Start of Data in this exercise

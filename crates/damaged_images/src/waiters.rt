// Images in which tids 2 and 3 wait for one event, at places of their own and at others.
use crate::whole::write_whole;
use image::fields::{PLACE, RECORD};
use image::stored::IMAGE;
use std::io;

pub(crate) fn write_waiters(rt: &impl Print, image: [u8; IMAGE]) -> io::Result<()> {
    for (name, second, third) in [
        ("two waiters for one event", 0, 1),
        ("two waiters, tid 3 before tid 2", 1, 0),
        ("two waiters, both first", 0, 0),
        ("two waiters, both second", 1, 1),
        ("two waiters, a gap between them", 0, 2),
        ("two waiters, a gap before them", 1, 2),
        ("two waiters, one past the last place", 0, 32),
    ] {
        let mut placed = image;
        placed[RECORD + PLACE] = second;
        placed[2 * RECORD + PLACE] = third;
        write_whole(rt, name, &mut placed)?;
    }
    Ok(())
}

End of Data in this exercise

- **Directions**:
Pick out all lines from the data above in which the word "RECORD" appears.

- **Exercise solution**:
use image::fields::{PLACE, RECORD};
        placed[RECORD + PLACE] = second;
        placed[2 * RECORD + PLACE] = third;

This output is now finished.